(Task goal)
Your job is to print the listing exactly.

::::::

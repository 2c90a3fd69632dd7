// Laws of spans that were given. These functions do nothing: their contracts are the laws.
ghost use Rattle.pst_reasons.specs.Laws.{GivenSpansRefuseNothing, ReasonsHoldBeforeNarrowing};

use pst_domain::{narrower_bounds_give_inner_spans, spans_are_sane};

/// No constraint is refused at bounds that hold the spans that variables were given and, of all other variables, the
/// bounds at the start.
pub fn given_spans_refuse_nothing()
    ensures { GivenSpansRefuseNothing }
{
    narrower_bounds_give_inner_spans();
    spans_are_sane();
}

/// Where bounds were narrowed by all constraints, reasons why no values within the new bounds meet them are reasons why
/// no values within the former bounds do.
pub fn reasons_hold_before_narrowing()
    ensures { ReasonsHoldBeforeNarrowing }
{}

::::::

(Reply to the exercise)
repository 2c90a3fd69632dd7
// Laws of spans that were given. These functions do nothing: their contracts are the laws.
ghost use Rattle.pst_reasons.specs.Laws.{GivenSpansRefuseNothing, ReasonsHoldBeforeNarrowing};

use pst_domain::{narrower_bounds_give_inner_spans, spans_are_sane};

/// No constraint is refused at bounds that hold the spans that variables were given and, of all other variables, the
/// bounds at the start.
pub fn given_spans_refuse_nothing()
    ensures { GivenSpansRefuseNothing }
{
    narrower_bounds_give_inner_spans();
    spans_are_sane();
}

/// Where bounds were narrowed by all constraints, reasons why no values within the new bounds meet them are reasons why
/// no values within the former bounds do.
pub fn reasons_hold_before_narrowing()
    ensures { ReasonsHoldBeforeNarrowing }
{}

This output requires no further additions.